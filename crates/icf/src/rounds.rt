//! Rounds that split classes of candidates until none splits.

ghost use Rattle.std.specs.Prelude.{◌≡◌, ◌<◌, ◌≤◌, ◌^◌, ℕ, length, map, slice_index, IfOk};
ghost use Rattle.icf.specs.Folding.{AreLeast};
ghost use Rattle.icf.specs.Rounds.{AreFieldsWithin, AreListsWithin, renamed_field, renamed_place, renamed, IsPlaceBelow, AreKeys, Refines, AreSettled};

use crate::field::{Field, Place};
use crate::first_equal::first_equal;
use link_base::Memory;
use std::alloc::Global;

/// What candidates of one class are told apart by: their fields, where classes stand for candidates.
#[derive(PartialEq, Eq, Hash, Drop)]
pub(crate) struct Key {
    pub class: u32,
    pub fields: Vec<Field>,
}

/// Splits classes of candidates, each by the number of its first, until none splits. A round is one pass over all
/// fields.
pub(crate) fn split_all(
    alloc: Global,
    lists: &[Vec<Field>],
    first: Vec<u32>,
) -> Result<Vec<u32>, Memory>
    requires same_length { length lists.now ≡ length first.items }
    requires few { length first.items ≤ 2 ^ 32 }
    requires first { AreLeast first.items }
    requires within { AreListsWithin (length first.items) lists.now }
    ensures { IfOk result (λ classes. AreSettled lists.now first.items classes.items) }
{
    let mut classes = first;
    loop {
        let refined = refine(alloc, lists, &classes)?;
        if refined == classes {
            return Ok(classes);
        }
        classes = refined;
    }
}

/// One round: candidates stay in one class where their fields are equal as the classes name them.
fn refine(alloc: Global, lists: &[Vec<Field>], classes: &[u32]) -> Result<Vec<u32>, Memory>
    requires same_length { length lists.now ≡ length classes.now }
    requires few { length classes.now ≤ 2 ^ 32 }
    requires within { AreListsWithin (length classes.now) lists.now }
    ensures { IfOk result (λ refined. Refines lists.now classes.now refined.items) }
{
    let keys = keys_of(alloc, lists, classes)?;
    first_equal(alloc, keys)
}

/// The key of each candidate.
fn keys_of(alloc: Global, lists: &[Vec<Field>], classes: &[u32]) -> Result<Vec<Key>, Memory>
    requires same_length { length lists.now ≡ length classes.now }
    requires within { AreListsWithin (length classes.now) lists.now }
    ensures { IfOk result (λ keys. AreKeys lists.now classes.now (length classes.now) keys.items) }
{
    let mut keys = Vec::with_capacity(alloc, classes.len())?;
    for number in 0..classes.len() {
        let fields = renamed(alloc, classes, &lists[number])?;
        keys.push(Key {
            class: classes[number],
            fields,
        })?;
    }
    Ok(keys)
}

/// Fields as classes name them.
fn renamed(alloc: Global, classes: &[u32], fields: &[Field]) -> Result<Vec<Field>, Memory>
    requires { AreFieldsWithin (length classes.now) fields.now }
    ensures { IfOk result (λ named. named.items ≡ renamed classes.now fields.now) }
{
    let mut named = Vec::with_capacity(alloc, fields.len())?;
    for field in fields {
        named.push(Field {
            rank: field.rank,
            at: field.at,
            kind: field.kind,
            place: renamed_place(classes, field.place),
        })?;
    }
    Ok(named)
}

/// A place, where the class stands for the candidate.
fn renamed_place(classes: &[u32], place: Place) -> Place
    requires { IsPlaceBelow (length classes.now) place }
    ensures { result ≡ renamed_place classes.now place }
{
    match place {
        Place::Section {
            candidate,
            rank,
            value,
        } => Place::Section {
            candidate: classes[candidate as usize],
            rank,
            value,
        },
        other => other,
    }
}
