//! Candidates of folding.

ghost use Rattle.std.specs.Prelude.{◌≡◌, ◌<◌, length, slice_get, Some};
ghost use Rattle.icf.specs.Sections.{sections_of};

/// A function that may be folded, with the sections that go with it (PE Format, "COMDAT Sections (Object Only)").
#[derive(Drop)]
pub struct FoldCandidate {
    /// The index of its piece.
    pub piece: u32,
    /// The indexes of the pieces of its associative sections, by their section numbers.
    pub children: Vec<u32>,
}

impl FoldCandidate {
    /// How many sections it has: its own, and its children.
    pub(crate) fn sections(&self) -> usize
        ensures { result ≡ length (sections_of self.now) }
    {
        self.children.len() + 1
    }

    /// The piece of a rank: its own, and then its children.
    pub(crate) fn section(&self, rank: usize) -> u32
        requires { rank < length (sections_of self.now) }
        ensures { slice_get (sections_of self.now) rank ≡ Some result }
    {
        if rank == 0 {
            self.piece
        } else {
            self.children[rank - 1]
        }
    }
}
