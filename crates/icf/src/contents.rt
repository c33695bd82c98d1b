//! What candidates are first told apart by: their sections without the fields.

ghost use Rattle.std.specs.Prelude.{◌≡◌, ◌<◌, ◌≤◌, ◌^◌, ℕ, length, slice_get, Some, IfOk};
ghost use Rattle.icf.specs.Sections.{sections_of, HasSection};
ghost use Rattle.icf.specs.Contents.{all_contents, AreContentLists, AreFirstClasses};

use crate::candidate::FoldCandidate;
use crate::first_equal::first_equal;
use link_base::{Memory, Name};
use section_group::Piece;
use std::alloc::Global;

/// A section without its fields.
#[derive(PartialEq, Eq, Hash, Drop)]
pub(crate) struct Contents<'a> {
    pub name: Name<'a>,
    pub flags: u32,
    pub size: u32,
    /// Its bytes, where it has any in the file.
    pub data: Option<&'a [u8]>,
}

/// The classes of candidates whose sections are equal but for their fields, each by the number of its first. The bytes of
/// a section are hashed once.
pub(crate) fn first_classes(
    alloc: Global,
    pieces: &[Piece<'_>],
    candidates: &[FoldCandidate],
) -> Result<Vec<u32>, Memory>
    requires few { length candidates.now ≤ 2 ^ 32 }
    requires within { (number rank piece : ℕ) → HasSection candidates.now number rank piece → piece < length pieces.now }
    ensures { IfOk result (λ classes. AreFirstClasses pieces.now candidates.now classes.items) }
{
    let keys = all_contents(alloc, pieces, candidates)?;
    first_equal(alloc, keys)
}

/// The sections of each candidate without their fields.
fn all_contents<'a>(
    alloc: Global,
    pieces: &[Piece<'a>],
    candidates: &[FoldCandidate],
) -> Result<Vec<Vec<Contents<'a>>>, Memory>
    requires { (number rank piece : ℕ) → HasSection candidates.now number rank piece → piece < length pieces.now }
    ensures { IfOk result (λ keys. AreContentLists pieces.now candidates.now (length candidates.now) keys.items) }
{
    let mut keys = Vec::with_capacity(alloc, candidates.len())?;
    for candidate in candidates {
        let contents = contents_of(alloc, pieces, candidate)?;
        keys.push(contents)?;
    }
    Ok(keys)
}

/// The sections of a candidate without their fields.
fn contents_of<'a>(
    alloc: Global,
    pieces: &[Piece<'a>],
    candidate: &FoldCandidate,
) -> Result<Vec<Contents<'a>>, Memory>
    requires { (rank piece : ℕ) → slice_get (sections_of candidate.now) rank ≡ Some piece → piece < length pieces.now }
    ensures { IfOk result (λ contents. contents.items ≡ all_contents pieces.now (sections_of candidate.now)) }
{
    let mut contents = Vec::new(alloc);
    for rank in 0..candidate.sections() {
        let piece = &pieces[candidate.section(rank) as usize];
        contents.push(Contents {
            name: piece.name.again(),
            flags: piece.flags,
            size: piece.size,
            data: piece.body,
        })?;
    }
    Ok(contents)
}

------------------------

Task brief:
Please write out only the lines from the one containing "The bytes of" to the end of the records above, exactly, both ends included.

Reply:
/// The classes of candidates whose sections are equal but for their fields, each by the number of its first. The bytes of
/// a section are hashed once.
pub(crate) fn first_classes(
    alloc: Global,
    pieces: &[Piece<'_>],
    candidates: &[FoldCandidate],
) -> Result<Vec<u32>, Memory>
    requires few { length candidates.now ≤ 2 ^ 32 }
    requires within { (number rank piece : ℕ) → HasSection candidates.now number rank piece → piece < length pieces.now }
    ensures { IfOk result (λ classes. AreFirstClasses pieces.now candidates.now classes.items) }
{
    let keys = all_contents(alloc, pieces, candidates)?;
    first_equal(alloc, keys)
}

/// The sections of each candidate without their fields.
fn all_contents<'a>(
    alloc: Global,
    pieces: &[Piece<'a>],
    candidates: &[FoldCandidate],
) -> Result<Vec<Vec<Contents<'a>>>, Memory>
    requires { (number rank piece : ℕ) → HasSection candidates.now number rank piece → piece < length pieces.now }
    ensures { IfOk result (λ keys. AreContentLists pieces.now candidates.now (length candidates.now) keys.items) }
{
    let mut keys = Vec::with_capacity(alloc, candidates.len())?;
    for candidate in candidates {
        let contents = contents_of(alloc, pieces, candidate)?;
        keys.push(contents)?;
    }
    Ok(keys)
}

/// The sections of a candidate without their fields.
fn contents_of<'a>(
    alloc: Global,
    pieces: &[Piece<'a>],
    candidate: &FoldCandidate,
) -> Result<Vec<Contents<'a>>, Memory>
    requires { (rank piece : ℕ) → slice_get (sections_of candidate.now) rank ≡ Some piece → piece < length pieces.now }
    ensures { IfOk result (λ contents. contents.items ≡ all_contents pieces.now (sections_of candidate.now)) }
{
    let mut contents = Vec::new(alloc);
    for rank in 0..candidate.sections() {
        let piece = &pieces[candidate.section(rank) as usize];
        contents.push(Contents {
            name: piece.name.again(),
            flags: piece.flags,
            size: piece.size,
            data: piece.body,
        })?;
    }
    Ok(contents)
}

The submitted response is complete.